═══ RECORDS FOR THIS TASK ═══

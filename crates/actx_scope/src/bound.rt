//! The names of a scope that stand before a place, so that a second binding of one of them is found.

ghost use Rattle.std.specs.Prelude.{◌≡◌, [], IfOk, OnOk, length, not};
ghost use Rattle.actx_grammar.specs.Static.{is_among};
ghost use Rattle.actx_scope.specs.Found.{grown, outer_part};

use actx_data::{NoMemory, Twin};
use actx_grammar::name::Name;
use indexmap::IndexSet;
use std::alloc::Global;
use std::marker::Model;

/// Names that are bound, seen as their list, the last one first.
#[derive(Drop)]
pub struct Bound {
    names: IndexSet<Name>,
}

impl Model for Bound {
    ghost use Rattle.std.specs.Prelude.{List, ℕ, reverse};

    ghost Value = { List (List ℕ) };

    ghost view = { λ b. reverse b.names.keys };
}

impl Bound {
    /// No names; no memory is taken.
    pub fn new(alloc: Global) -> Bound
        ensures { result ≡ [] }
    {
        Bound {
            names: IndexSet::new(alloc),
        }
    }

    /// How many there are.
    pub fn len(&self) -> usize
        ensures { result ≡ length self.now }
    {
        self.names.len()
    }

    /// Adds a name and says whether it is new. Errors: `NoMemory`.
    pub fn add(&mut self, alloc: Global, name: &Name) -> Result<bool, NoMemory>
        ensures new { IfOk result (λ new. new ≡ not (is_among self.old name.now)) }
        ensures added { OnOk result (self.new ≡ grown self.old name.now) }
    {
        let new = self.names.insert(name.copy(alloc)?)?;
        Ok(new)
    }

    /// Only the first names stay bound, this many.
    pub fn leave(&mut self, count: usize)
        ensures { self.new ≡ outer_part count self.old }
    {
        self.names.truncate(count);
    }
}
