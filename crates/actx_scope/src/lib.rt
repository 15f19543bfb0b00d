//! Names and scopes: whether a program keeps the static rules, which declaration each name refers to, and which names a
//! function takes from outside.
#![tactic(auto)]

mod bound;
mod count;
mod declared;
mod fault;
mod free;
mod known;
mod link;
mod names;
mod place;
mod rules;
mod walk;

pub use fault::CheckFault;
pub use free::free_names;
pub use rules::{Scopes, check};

═══
═══ RECORDS FOR THIS TASK ═══

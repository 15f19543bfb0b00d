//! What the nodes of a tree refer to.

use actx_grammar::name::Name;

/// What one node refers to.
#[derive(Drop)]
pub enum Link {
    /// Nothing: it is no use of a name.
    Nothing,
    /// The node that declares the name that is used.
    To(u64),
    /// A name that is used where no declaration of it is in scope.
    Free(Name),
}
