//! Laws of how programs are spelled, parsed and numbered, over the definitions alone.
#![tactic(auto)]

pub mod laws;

═══

EXERCISE: Among the records above, only the lines between the line holding "node refers to." and the line holding "pub mod laws;", inclusive, are to be output, exactly as written.

ANSWER BOX:
/// What one node refers to.
#[derive(Drop)]
pub enum Link {
    /// Nothing: it is no use of a name.
    Nothing,
    /// The node that declares the name that is used.
    To(u64),
    /// A name that is used where no declaration of it is in scope.
    Free(Name),
}
//! Laws of how programs are spelled, parsed and numbered, over the definitions alone.
#![tactic(auto)]

pub mod laws;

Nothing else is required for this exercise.